→ **Input data**:
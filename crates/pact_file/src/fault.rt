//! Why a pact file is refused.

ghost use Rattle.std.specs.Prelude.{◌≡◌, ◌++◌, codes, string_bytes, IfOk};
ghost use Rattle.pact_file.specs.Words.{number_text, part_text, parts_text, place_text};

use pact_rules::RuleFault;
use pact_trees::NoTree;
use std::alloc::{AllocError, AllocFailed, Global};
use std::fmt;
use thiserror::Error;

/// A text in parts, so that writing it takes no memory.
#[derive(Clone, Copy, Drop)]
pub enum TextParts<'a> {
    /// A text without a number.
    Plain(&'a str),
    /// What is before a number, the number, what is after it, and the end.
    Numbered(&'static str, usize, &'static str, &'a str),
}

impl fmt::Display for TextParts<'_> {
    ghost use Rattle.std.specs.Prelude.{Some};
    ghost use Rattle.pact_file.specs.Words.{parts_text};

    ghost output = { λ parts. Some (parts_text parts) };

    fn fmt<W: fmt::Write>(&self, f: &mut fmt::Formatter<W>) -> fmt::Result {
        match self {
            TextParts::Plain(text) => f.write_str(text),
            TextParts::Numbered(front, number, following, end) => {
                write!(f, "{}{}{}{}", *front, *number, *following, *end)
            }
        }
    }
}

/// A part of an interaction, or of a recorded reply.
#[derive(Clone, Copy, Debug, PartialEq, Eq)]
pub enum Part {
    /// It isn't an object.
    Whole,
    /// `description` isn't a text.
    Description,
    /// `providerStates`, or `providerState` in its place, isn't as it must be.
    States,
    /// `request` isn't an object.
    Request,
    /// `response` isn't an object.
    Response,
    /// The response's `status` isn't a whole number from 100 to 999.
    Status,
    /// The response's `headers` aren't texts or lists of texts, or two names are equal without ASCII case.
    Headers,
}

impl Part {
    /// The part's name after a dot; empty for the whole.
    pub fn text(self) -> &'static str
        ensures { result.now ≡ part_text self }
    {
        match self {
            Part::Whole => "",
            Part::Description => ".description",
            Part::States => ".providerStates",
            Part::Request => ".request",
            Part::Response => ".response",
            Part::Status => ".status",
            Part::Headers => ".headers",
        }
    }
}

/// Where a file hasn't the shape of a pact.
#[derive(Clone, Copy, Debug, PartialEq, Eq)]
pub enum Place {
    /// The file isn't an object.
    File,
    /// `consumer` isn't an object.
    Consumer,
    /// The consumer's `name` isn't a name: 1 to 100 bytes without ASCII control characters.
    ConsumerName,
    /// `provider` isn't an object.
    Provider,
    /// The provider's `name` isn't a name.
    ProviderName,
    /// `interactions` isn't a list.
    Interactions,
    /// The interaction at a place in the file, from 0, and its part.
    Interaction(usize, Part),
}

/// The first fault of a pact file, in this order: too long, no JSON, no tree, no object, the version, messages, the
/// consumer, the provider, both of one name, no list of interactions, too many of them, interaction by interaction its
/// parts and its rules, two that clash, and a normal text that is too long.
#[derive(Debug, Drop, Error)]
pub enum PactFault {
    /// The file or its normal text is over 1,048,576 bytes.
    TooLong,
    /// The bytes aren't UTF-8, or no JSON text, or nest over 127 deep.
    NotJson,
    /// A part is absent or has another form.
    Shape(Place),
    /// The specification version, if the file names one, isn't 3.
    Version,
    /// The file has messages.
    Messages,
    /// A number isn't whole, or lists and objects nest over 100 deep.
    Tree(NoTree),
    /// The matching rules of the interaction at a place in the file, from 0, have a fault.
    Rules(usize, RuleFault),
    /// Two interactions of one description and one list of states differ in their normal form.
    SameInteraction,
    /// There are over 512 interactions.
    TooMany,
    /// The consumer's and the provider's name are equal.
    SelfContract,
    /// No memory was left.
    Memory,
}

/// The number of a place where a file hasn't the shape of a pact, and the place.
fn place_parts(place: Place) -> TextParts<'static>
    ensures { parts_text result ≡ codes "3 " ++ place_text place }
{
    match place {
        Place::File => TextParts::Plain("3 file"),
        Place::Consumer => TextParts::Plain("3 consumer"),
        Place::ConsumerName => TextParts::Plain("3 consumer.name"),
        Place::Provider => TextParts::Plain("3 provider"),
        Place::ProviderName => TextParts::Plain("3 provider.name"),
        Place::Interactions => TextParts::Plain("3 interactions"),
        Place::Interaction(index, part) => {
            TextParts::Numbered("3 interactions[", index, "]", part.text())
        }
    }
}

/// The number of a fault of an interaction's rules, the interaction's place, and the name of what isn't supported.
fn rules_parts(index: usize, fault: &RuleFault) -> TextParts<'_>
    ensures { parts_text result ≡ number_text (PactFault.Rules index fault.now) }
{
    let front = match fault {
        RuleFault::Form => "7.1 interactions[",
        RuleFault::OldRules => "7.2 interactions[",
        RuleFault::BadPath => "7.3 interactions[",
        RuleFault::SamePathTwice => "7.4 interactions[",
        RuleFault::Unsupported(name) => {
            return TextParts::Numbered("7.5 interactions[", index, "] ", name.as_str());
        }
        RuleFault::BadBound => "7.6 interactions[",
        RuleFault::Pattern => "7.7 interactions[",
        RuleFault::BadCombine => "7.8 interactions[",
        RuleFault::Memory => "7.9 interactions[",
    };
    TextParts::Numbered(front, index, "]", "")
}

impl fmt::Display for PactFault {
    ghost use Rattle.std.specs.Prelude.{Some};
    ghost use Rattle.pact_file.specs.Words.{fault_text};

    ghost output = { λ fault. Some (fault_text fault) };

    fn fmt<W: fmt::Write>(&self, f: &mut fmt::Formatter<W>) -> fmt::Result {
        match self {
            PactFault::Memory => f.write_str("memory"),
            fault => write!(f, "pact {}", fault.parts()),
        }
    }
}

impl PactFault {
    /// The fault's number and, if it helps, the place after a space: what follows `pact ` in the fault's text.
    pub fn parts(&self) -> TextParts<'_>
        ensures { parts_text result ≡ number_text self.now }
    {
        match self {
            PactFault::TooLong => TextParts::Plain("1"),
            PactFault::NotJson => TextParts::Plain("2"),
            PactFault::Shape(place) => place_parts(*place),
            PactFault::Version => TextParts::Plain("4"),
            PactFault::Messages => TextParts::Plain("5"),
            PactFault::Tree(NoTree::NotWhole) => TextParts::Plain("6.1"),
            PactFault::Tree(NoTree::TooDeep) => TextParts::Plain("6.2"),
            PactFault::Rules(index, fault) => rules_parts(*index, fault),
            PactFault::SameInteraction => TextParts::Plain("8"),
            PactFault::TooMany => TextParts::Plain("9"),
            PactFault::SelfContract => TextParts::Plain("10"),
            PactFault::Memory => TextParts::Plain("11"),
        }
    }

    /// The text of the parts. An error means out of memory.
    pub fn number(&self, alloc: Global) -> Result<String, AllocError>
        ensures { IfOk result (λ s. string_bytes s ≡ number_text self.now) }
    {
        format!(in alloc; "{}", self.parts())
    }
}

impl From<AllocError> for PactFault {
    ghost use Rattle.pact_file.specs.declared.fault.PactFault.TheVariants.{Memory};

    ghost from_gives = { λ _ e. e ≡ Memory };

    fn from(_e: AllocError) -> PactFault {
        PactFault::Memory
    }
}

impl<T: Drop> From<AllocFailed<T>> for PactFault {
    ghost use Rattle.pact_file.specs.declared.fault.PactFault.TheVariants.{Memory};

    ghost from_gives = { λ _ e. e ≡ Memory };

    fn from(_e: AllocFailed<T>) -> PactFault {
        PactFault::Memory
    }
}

→ **Exercise goal**: Going line by line through the entries above, count each line that has the word "without", then state the count alone.

→ **Solution for this exercise**: 3